**WHAT THE TASK ASKS**. Gather each line in the entries that includes the string "FlatNode".

**GIVEN ENTRIES**.

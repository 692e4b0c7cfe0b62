//! Literals of nodes, wires and latches at an edge.

ghost use Rattle.std.specs.Prelude.{◌≡◌, ◌≢◌, ◌+◌, ◌*◌, ◌/◌, ◌^◌, ◌<◌, ◌≤◌, length, All};
ghost use Rattle.unroll_cnf.specs.Queries.{plain, negated, denied, signed, literal_at};

use gate_graph::Wire;
use lemma_checker::literal::Literal;

/// The variable itself.
pub(crate) fn plain_literal(variable: u32) -> Literal
    requires small { variable < 2 ^ 31 }
    ensures { result ≡ plain variable }
{
    Literal(2 * variable)
}

/// The negation of the variable.
pub(crate) fn negated_literal(variable: u32) -> Literal
    requires small { variable < 2 ^ 31 }
    ensures { result ≡ negated variable }
{
    Literal(2 * variable + 1)
}

/// What denies the literal.
pub(crate) fn denied_literal(literal: Literal) -> Literal
    ensures value { result ≡ denied literal }
    ensures variable { result.0 / 2 ≡ literal.0 / 2 }
{
    literal.opposite()
}

/// The literal, denied where the sign is true.
pub(crate) fn signed_literal(sign: bool, literal: Literal) -> Literal
    ensures value { result ≡ signed sign literal }
    ensures variable { result.0 / 2 ≡ literal.0 / 2 }
{
    if sign {
        denied_literal(literal)
    } else {
        literal
    }
}

/// The literal of a wire at an edge, where node 0 has the variable `first`.
pub(crate) fn wire_literal(first: u32, wire: Wire) -> Literal
    requires small { wire.0 + 2 * first < 2 ^ 32 }
    ensures { result ≡ literal_at first wire }
{
    Literal(wire.0 + 2 * first)
}
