//! The queries.

ghost use Rattle.std.specs.Prelude.{◌≡◌, ◌+◌, ◌*◌, ◌^◌, ◌<◌, ◌≤◌, length, IfOk};
ghost use Rattle.unroll_cnf.specs.Latches.{AreOfLatches, weight};
ghost use Rattle.unroll_cnf.specs.Queries.{base_clauses, step_clauses, keep_clauses};

use crate::cones::{bad_cones, set_cone};
use crate::edges::{first_variable, push_bad, push_edge, push_good, push_run, push_starts};
use crate::latch_clause::LatchClause;
use crate::limits::{MOST_EDGES, MOST_WEIGHT};
use crate::places::latch_nodes;
use crate::sets::{Scratch, push_all_broken, push_set, push_some};
use gate_graph::Circuit;
use lemma_checker::clauses::Clauses;
use lemma_checker::formula::Formula;
use std::alloc::{AllocError, Global};
use std::vec::Vec;

/// The clauses of the base query.
fn base_list(alloc: Global, circuit: &Circuit, k: u32) -> Result<Clauses, AllocError>
    requires some { 1 ≤ k }
    requires few { k ≤ MOST_EDGES }
    ensures { IfOk result (λ list. list ≡ base_clauses circuit.now k) }
{
    let cones = bad_cones(alloc, circuit, false, k - 1)?;
    let mut out = Clauses::new(alloc);
    push_starts(&mut out, circuit)?;
    push_run(&mut out, circuit, cones.as_slice(), k - 1)?;
    push_bad(&mut out, circuit, k - 1)?;
    Ok(out)
}

/// Empty lists.
fn scratch(alloc: Global) -> Scratch {
    Scratch {
        latches: Vec::new(alloc),
        literals: Vec::new(alloc),
    }
}

/// The clauses of the step query.
fn step_list(
    alloc: Global,
    circuit: &Circuit,
    k: u32,
    set: &[LatchClause],
) -> Result<Clauses, AllocError>
    requires few { k ≤ MOST_EDGES }
    requires of { AreOfLatches (length circuit.now.latches.items) set.now }
    ensures { IfOk result (λ list. list ≡ step_clauses circuit.now set.now k) }
{
    let places = latch_nodes(alloc, circuit)?;
    let cones = bad_cones(alloc, circuit, true, k)?;
    let mut scratch = scratch(alloc);
    let mut out = Clauses::new(alloc);
    let first = first_variable(circuit, 0);
    push_set(
        &mut out,
        circuit,
        places.as_slice(),
        first,
        set,
        &mut scratch,
    )?;
    push_run(&mut out, circuit, cones.as_slice(), k)?;
    push_good(&mut out, circuit, k)?;
    push_bad(&mut out, circuit, k)?;
    Ok(out)
}

/// The clauses of the keep query.
fn keep_list(alloc: Global, circuit: &Circuit, set: &[LatchClause]) -> Result<Clauses, AllocError>
    requires of { AreOfLatches (length circuit.now.latches.items) set.now }
    requires small { length set.now ≤ MOST_WEIGHT }
    ensures { IfOk result (λ list. list ≡ keep_clauses circuit.now set.now) }
{
    let places = latch_nodes(alloc, circuit)?;
    let mut scratch = scratch(alloc);
    let cone = set_cone(alloc, circuit, set, &mut scratch.latches)?;
    let mut out = Clauses::new(alloc);
    let first = first_variable(circuit, 0);
    let second = first_variable(circuit, 1);
    push_edge(&mut out, circuit, cone.as_slice(), 0)?;
    push_set(
        &mut out,
        circuit,
        places.as_slice(),
        first,
        set,
        &mut scratch,
    )?;
    push_all_broken(&mut out, circuit, first, second, set, &mut scratch)?;
    push_some(&mut out, second, set, &mut scratch)?;
    Ok(out)
}

/// The base query of `k` edges: the runs of `k` edges from the start that are bad at the last edge.
pub fn base_query(alloc: Global, circuit: &Circuit, k: u32) -> Result<Formula, AllocError>
    requires some { 1 ≤ k }
    requires few { k ≤ MOST_EDGES }
    ensures query { IfOk result (λ f. f.clauses ≡ base_clauses circuit.now k) }
    ensures few_clauses { IfOk result (λ f. length f.clauses < 2 ^ 30) }
    ensures few_variables { IfOk result (λ f. f.vars ≡ k * length circuit.now.graph) }
{
    let vars = k * circuit.graph.size();
    let clauses = base_list(alloc, circuit, k)?;
    Ok(Formula { vars, clauses })
}

/// The step query of `k` edges: the runs of `k + 1` edges from a state that meets the set, good at
/// the first `k` and bad at the last.
pub fn step_query(
    alloc: Global,
    circuit: &Circuit,
    k: u32,
    set: &[LatchClause],
) -> Result<Formula, AllocError>
    requires few { k ≤ MOST_EDGES }
    requires of { AreOfLatches (length circuit.now.latches.items) set.now }
    requires small { weight set.now ≤ MOST_WEIGHT }
    ensures query { IfOk result (λ f. f.clauses ≡ step_clauses circuit.now set.now k) }
    ensures few_clauses { IfOk result (λ f. length f.clauses < 2 ^ 30) }
    ensures few_variables { IfOk result (λ f. f.vars ≡ (k + 1) * length circuit.now.graph) }
{
    let vars = (k + 1) * circuit.graph.size();
    let clauses = step_list(alloc, circuit, k, set)?;
    Ok(Formula { vars, clauses })
}

/// The keep query of the set: the edges from a state that meets it to a state that doesn't.
pub fn keep_query(
    alloc: Global,
    circuit: &Circuit,
    set: &[LatchClause],
) -> Result<Formula, AllocError>
    requires of { AreOfLatches (length circuit.now.latches.items) set.now }
    requires small { weight set.now ≤ MOST_WEIGHT }
    ensures query { IfOk result (λ f. f.clauses ≡ keep_clauses circuit.now set.now) }
    ensures few_clauses { IfOk result (λ f. length f.clauses < 2 ^ 30) }
    ensures few_variables { IfOk result (λ f. f.vars ≡ length circuit.now.graph + length set.now) }
{
    let clauses = keep_list(alloc, circuit, set)?;
    let vars = circuit.graph.size() + set.len() as u32;
    Ok(Formula { vars, clauses })
}
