//! Expressions that are the whole of a net, or the inversion of one.

ghost use Rattle.std.specs.Prelude.{◌≡◌, None, if◌then◌else◌};
ghost use Rattle.flat_ties.specs.Shapes as spec;

use flat_design::expr::{FlatExpr, FlatNode, FlatUnary};

/// The net that an expression is the whole of.
pub fn whole_net(e: &FlatExpr) -> Option<u32>
    ensures { result ≡ spec.whole_net e.now }
{
    match &e.node {
        FlatNode::Net(net) => Some(*net),
        _ => None,
    }
}

fn is_inversion(op: FlatUnary) -> bool
    ensures { result ≡ spec.is_inversion op }
{
    match op {
        FlatUnary::LogicalNot | FlatUnary::Not => true,
        _ => false,
    }
}

/// The net that an operand is the whole of, if the operator before it inverts.
fn inverted(op: FlatUnary, arg: &FlatExpr) -> Option<u32>
    ensures { result ≡ (if spec.is_inversion op then spec.whole_net arg.now else None) }
{
    if is_inversion(op) {
        whole_net(arg)
    } else {
        None
    }
}

/// The net that an expression inverts the whole of, by `!` or `~`.
pub fn inverted_net(e: &FlatExpr) -> Option<u32>
    ensures { result ≡ spec.inverted_net e.now }
{
    match &e.node {
        FlatNode::Unary { op, arg } => inverted(*op, arg.get()),
        _ => None,
    }
}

**SOLUTION BELOW**.
use flat_design::expr::{FlatExpr, FlatNode, FlatUnary};
        FlatNode::Net(net) => Some(*net),
        FlatNode::Unary { op, arg } => inverted(*op, arg.get()),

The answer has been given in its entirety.